Authorize the OneButtonMachine object access to your repository service and data through the project context:


val metaServicePath = "https://"+ repositoryIP +":443"

// authenticate with given authToken, set repositoryIP and metaServicePath
onebm.authenticate(authToken)
onebm.set_repository_ip(repositoryIP)
onebm.set_meta_service_path(metaServicePath)

Load data into the runner and run automated feature extraction:


// load data
onebm.load_data(spark)

// extract features
var features = onebm.extract_features(spark, is_feature_selection = true, 
    is_categorical_transformation = true)

The OneButtonMachine tool will create 66 features from the specified relational database.

Evaluate the automatically extracted features by using them to train a Random Forest model:


import org.apache.spark.ml.Pipeline
import org.apache.spark.ml.evaluation.RegressionEvaluator
import org.apache.spark.ml.regression.{RandomForestRegressionModel, 
     RandomForestRegressor}
import org.apache.spark.ml.feature.VectorAssembler

// fill missing values in the features with -9999.0
val column_types = features.dtypes.toMap
val feature_columns = features.columns.filter(c => 
    {c != "next_purchase" && c != "id" && column_types(c) != "StringType"})
    features = features.na.fill(feature_columns.map(c => (c, -9999.0)).toMap)

val vectorAssembler_features = new VectorAssembler().
    setInputCols(feature_columns).setOutputCol("features")

// split the data into training and test sets (30% held out for testing).
val Array(trainingData, testData) = features.randomSplit(Array(0.7, 0.3))

// train a RandomForest model.
val rf = new RandomForestRegressor().setLabelCol("next_purchase").
    setFeaturesCol("features")

// chain indexer and forest in a Pipeline.
val pipeline = new Pipeline().setStages(Array(vectorAssembler_features, rf))

// train model. This also runs the indexer.
val model = pipeline.fit(trainingData)

// make predictions.
val predictions = model.transform(testData)

// select example rows to display.
predictions.select("prediction", "next_purchase", "features").show(5)
val rfModel = model.stages(1).asInstanceOf[RandomForestRegressionModel]
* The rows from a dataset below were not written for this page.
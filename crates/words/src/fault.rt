// Why a call is refused: layer, number and place, and the rule as a sentence.
ghost use Rattle.std.specs.Prelude.{◌≡◌, Some};
ghost use Rattle.words.specs.Sentences.{fault_words, reason_words};

use crate::InWords;
use model::fault::{Fault, Reason};
use std::fmt;

impl fmt::Display for InWords<Fault> {
    ghost output = { λ x. Some (fault_words x.0) };

    fn fmt<W: fmt::Write>(&self, f: &mut fmt::Formatter<W>) -> fmt::Result {
        let layer = u8::from(self.0.layer);
        let number = u8::from(self.0.reason);
        let place = self.0.place;
        let words = rule_words(self.0.reason);
        write!(f, "fault {layer} {number} {place} -- {words}")
    }
}

// The rule that was broken. It is no `Display`: it is public, and a text that stands there already can't fail.
pub fn rule_words(reason: Reason) -> &'static str
    ensures { result.now ≡ reason_words reason }
{
    match reason {
        Reason::TapeTooLong => "the tape is longer than 65535 bytes",
        Reason::NoOrder => "no order of this tape stands here, or its operands are cut off",
        Reason::OutOfPlace =>
            "the order stands out of its place, or the tape ends inside a command",
        Reason::TooMany => "one more than there may be",
        Reason::OutOfRange => "an operand is out of its range",
        Reason::ParameterRule => "a rule on rows, or on created or destroyed parameters, is broken",
        Reason::UnfitReference =>
            "the name or stamp is there already, or one that is needed is missing or is no card",
        Reason::OpeningTooLarge => "the opening passes the store's limit",
        Reason::NoSuchCommand => "there is no such command",
        Reason::WrongNumberOfNames => "the command takes another number of names",
        Reason::NoSuchName => "a name is over 63",
        Reason::RepeatedName => "a name is given twice",
        Reason::WrongPresence => "a name to be created stands already, or another does not stand",
        Reason::NotASubject => "a declared card is a thing",
        Reason::TestFails => "a test fails",
        Reason::StoreTooSmall => "the store's limit would be passed",
        Reason::NotContained => "the register is not contained",
        Reason::NotClosed => "a command is not closed",
        Reason::BanMet => "a ban is met",
        Reason::BufferTooSmall => "the buffer is under 5312 bytes",
        Reason::NoCertificate => "no certificate would be accepted",
        Reason::BoardSize => "a board's memory is not 4096 masks",
        Reason::ListSize => "a list's memory is not 1 to 4096 records",
        Reason::NoSuchAttribute => "there is no such attribute",
    }
}
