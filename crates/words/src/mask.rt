// A mask as four hex digits, in upper case.
ghost use Rattle.std.specs.Prelude.{Some};
ghost use Rattle.words.specs.Masks.{mask_words};

use model::mask::Mask;
use std::fmt;

// A mask is a plain number in code, so it takes a type of its own to be shown by its digits.
#[derive(Clone, Copy)]
pub struct MaskDigits(pub Mask);

impl fmt::Display for MaskDigits {
    ghost output = { λ m. Some (mask_words m.0) };

    fn fmt<W: fmt::Write>(&self, f: &mut fmt::Formatter<W>) -> fmt::Result {
        let [high, low] = self.0.to_be_bytes();
        write!(f, "{high:02X}{low:02X}")
    }
}
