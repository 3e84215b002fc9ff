// What a step does.
ghost use Rattle.std.specs.Prelude.{Some};
ghost use Rattle.words.specs.Words.{step_words};

use crate::InWords;
use crate::value::value_set;
use scheme::step::Step;
use std::fmt;

impl fmt::Display for InWords<Step> {
    ghost output = { λ x. Some (step_words x.0) };

    fn fmt<W: fmt::Write>(&self, f: &mut fmt::Formatter<W>) -> fmt::Result {
        // Arms of one shape differ in their words.
        match self.0 {
            Step::Enter { right, row, column } => write!(
                f,
                "enter right {right} into [{row}, {column}]"
            ),
            Step::Delete { right, row, column } => write!(
                f,
                "delete right {right} from [{row}, {column}]"
            ),
            Step::Set {
                parameter,
                attribute,
                value,
            } => {
                let value = InWords(value_set(value));
                write!(f, "set attribute {attribute} of {parameter} to {value}")
            }
            Step::Create { parameter } => write!(f, "create {parameter}"),
            Step::Destroy { parameter } => write!(f, "destroy {parameter}"),
        }
    }
}
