// Tapes for the tests, and what the kiosk's reader says of them.
use model::fault::Fault;
use model::scales::KioskScales;
use scheme_tape::lawful::LawfulScheme;
use scheme_tape::reader::read_scheme;
use std::alloc::{AllocError, Global};

// The small kiosk: hand on a right one may hold, make a helper card, take a thing away.
pub const SMALL_KIOSK: [u8; 36] = [
    0x10, 3, 3, 0x20, 0, 0, 2, 0x23, 0, 0, 1, 0x30, 0, 1, 2, 0x1F, 0x10, 2, 3, 0x21, 0, 0, 3, 0x33,
    1, 0x32, 1, 0, 1, 0x1F, 0x10, 1, 0, 0x34, 0, 0x1F,
];

pub fn read(tape: &[u8]) -> Result<LawfulScheme<KioskScales>, Fault> {
    read_scheme(tape)
}

// Nothing for an accepted tape, else the fault's layer, number and place.
pub fn verdict(tape: &[u8]) -> Result<(), (u8, u8, u16)> {
    match read(tape) {
        Ok(_) => Ok(()),
        Err(fault) => Err((u8::from(fault.layer), u8::from(fault.reason), fault.place)),
    }
}

// A head, a part many times over, and a tail.
pub fn repeated(
    heap: Global,
    head: &[u8],
    part: &[u8],
    times: usize,
    tail: &[u8],
) -> Result<Vec<u8>, AllocError> {
    let mut tape = head.to_vec(heap)?;
    let parts = part.repeat(heap, times)?;
    tape.extend_from_slice(parts.as_slice())?;
    tape.extend_from_slice(tail)?;
    Ok(tape)
}
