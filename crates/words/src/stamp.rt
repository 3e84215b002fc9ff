// A stamp in words: its kind, and then its four attributes.
ghost use Rattle.std.specs.Prelude.{Some};
ghost use Rattle.words.specs.Stamps.{attribute_word, attribute_words, stamp_words};

use crate::InWords;
use model::stamp::{PerAttribute, Stamp, Value};
use std::fmt;

// A value in decimal, and null as `FF`.
#[derive(Clone, Copy)]
struct AttributeWord(Option<Value>);

impl fmt::Display for AttributeWord {
    ghost output = { λ a. Some (attribute_word a.0) };

    fn fmt<W: fmt::Write>(&self, f: &mut fmt::Formatter<W>) -> fmt::Result {
        match self.0 {
            None => write!(f, "FF"),
            Some(value) => write!(f, "{value}"),
        }
    }
}

#[derive(Clone, Copy)]
struct AttributeWords(PerAttribute<Option<Value>>);

impl fmt::Display for AttributeWords {
    ghost output = { λ a. Some (attribute_words a.0) };

    fn fmt<W: fmt::Write>(&self, f: &mut fmt::Formatter<W>) -> fmt::Result {
        let [a0, a1, a2, a3] = self.0;
        write!(
            f,
            "{} {} {} {}",
            AttributeWord(a0),
            AttributeWord(a1),
            AttributeWord(a2),
            AttributeWord(a3)
        )
    }
}

impl fmt::Display for InWords<Stamp> {
    ghost output = { λ x. Some (stamp_words x.0) };

    #[tactic(auto, unfolding(crate::specs::Stamps::stamp_words))]
    fn fmt<W: fmt::Write>(&self, f: &mut fmt::Formatter<W>) -> fmt::Result {
        let kind = InWords(self.0.kind);
        let attributes = AttributeWords(self.0.attributes);
        write!(f, "{kind} {attributes}")
    }
}
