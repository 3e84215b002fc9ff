// The lines in which a state is printed: an entry, a cell, and the count.
ghost use Rattle.std.specs.Prelude.{Some};
ghost use Rattle.words.specs.States.{entry_line, cell_line, count_line};

use crate::InWords;
use crate::mask::MaskDigits;
use model::mask::Mask;
use model::name::Name;
use model::stamp::Stamp;
use std::fmt;

// What stands under a name; where no entry does, there is no line.
#[derive(Clone, Copy)]
pub struct EntryLine {
    pub name: Name,
    pub entry: Option<Stamp>,
}

impl fmt::Display for EntryLine {
    ghost output = { λ l. Some (entry_line l.name l.entry) };

    fn fmt<W: fmt::Write>(&self, f: &mut fmt::Formatter<W>) -> fmt::Result {
        let name = self.name;
        match self.entry {
            None => Ok(()),
            Some(stamp) => writeln!(f, "entry {name} {}", InWords(stamp)),
        }
    }
}

// What a cell holds; an empty cell has no line.
#[derive(Clone, Copy)]
pub struct CellLine {
    pub row: Name,
    pub column: Name,
    pub mask: Mask,
}

impl fmt::Display for CellLine {
    ghost output = { λ l. Some (cell_line l.row l.column l.mask) };

    fn fmt<W: fmt::Write>(&self, f: &mut fmt::Formatter<W>) -> fmt::Result {
        let CellLine { row, column, mask } = *self;
        if mask == 0 {
            Ok(())
        } else {
            writeln!(f, "cell {row} {column} {}", MaskDigits(mask))
        }
    }
}

// How many requests have been accepted.
#[derive(Clone, Copy)]
pub struct CountLine(pub u32);

impl fmt::Display for CountLine {
    ghost output = { λ l. Some (count_line l.0) };

    fn fmt<W: fmt::Write>(&self, f: &mut fmt::Formatter<W>) -> fmt::Result {
        let count = self.0;
        writeln!(f, "count {count}")
    }
}
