// What a test asks.
ghost use Rattle.std.specs.Prelude.{Some};
ghost use Rattle.words.specs.Words.{test_words};

use crate::InWords;
use scheme::test::Test;
use std::fmt;

impl fmt::Display for InWords<Test> {
    ghost output = { λ x. Some (test_words x.0) };

    fn fmt<W: fmt::Write>(&self, f: &mut fmt::Formatter<W>) -> fmt::Result {
        // Arms of one shape differ in their words.
        match self.0 {
            Test::Holds { right, row, column } => write!(
                f,
                "right {right} is in [{row}, {column}]"
            ),
            Test::Is {
                parameter,
                attribute,
                value,
            } => {
                let value = InWords(value);
                write!(f, "attribute {attribute} of {parameter} is {value}")
            }
            Test::IsNot {
                parameter,
                attribute,
                value,
            } => {
                let value = InWords(value);
                write!(f, "attribute {attribute} of {parameter} is not {value}")
            }
            Test::Covers {
                upper,
                attribute,
                lower,
            } => {
                write!(
                    f,
                    "attribute {attribute} of {upper} covers attribute {attribute} of {lower}"
                )
            }
        }
    }
}
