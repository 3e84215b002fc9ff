// Says things in words for people: why a call is refused, and what a command tests and does.
#![tactic(auto)]

pub mod fault;
pub mod kind;
pub mod listing;
pub mod mask;
pub mod role;
pub mod stamp;
pub mod state;
pub mod step;
pub mod test;
pub mod value;

// A value of another crate, to be shown in words.
#[derive(Clone, Copy)]
pub struct InWords<T>(pub T);
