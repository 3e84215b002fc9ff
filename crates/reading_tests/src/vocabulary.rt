// Scales at their edges, masks, bounded lists, and the table of orders.
use model::bounded::{Bounded, Full};
use model::counts::Counts;
use model::kind::Kind;
use model::labels::Labels;
use model::ladder::Ladder;
use model::mask::holds;
use model::scale::Scale;
use model::stamp::Stamp;
use std::test::Fail;
use tapes::order::Order;
use tapes::orders::Orders;
use tapes::table::row_of;
use tapes::tape::Tape;

#[test]
fn ladder(rt: HostRuntime) {
    assert!(rt; Ladder::covers(7, 0) && Ladder::covers(3, 3) && !Ladder::covers(2, 3));
    assert!(rt; !Ladder::covers(8, 0) && !Ladder::covers(255, 0) && !Ladder::covers(0, 255));
}

#[test]
fn labels(rt: HostRuntime) {
    assert!(rt; Labels::covers(15, 9) && Labels::covers(6, 4) && Labels::covers(0, 0));
    assert!(rt; !Labels::covers(6, 1) && !Labels::covers(16, 0) && !Labels::covers(15, 16));
}

#[test]
fn counts_of_the_kiosk(rt: HostRuntime) {
    let counts = Counts::of::<Ladder, Labels, Labels, Ladder>();
    assert!(rt; counts.is_value(0, 7) && !counts.is_value(0, 8) && counts.is_value(1, 8));
    assert!(rt;
        counts.is_null_or_value(3, None)
            && !counts.is_value(3, 255)
            && !counts.is_null_or_value(4, None)
    );
}

#[test]
fn masks(rt: HostRuntime) {
    assert!(rt; holds(0x8000, 15) && holds(1, 0) && !holds(1, 1));
    assert!(rt; !holds(0xFFFF, 16) && !holds(0xFFFF, 255));
}

#[test]
fn stamps(rt: HostRuntime) {
    let stamp = Stamp {
        kind: Kind::Object,
        attributes: [Some(3), Some(9), None, Some(7)],
    };
    assert_eq!(rt; u8::from(stamp.kind), 2);
    assert_eq!(rt;
        [0, 3, 4].map(|k| stamp.attribute(k)),
        [Some(3), Some(7), None]
    );
}

#[test]
fn bounded_lists(rt: HostRuntime) {
    let mut list: Bounded<u8, 2> = Bounded::empty(0);
    assert!(rt; list.push(5).is_ok() && list.push(6).is_ok() && list.push(7) == Err(Full));
    assert_eq!(rt; list.len(), 2);
    assert_eq!(rt; list.as_slice().last().copied(), Some(6));
}

#[test]
fn orders(rt: HostRuntime) -> Result<(), Fail> {
    assert!(rt; row_of(0x51).is_some() && row_of(0x35).is_none());
    let tape = [0x1F, 0x60, 1, 2, 3, 4, 5];
    let ban = Tape::Bans.order_at(&tape, 1)?;
    assert!(rt; ban.offset == 1 && ban.size == 6);
    assert!(rt; matches!(ban.order, Order::Ban(_)));
    assert!(rt;
        Tape::Scheme.order_at(&tape, 1).is_err() && Tape::Scheme.order_at(&tape, 9).is_err()
    );
    Ok(())
}

#[test]
fn orders_of_a_tape(rt: HostRuntime) -> Result<(), Fail> {
    let tape = [0x10, 1, 0, 0x34, 0, 0x1F, 0x60, 0x1F];
    let mut orders = Orders::of(&tape, Tape::Scheme)?;
    assert_eq!(rt; orders.end(), 8);
    for offset in [0, 3, 5] {
        assert!(rt; matches!(orders.next(), Some(Ok(placed)) if placed.offset == offset));
    }
    // An order of another tape is refused at its place, and nothing comes after it.
    assert!(rt; matches!(orders.next(), Some(Err(fault)) if fault.place == 6));
    assert!(rt; orders.next().is_none());
    assert_eq!(rt; orders.end(), 8);
    Ok(())
}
Print the RMSE and the top 10 features:


// select (prediction, true label) and compute test error.
val evaluator = new RegressionEvaluator().setLabelCol("next_purchase")
    .setPredictionCol("prediction").setMetricName("rmse")
val rmse = evaluator.evaluate(predictions)

//output the value of Root Mean Squared Error (RMSE)
println("RMSE on test data = " + rmse)

// print top features discovered by OneBM
val feature_importances = feature_columns.zip(rfModel.
    featureImportances.toArray).sortBy(-_._2)
for (i <- 0 until 10){
    println(feature_importances(i)._1 + " " + feature_importances(i)._2)
}

The name of a feature indicates how it was created and extracted. See OneButtonMachine API for details on feature naming conventions.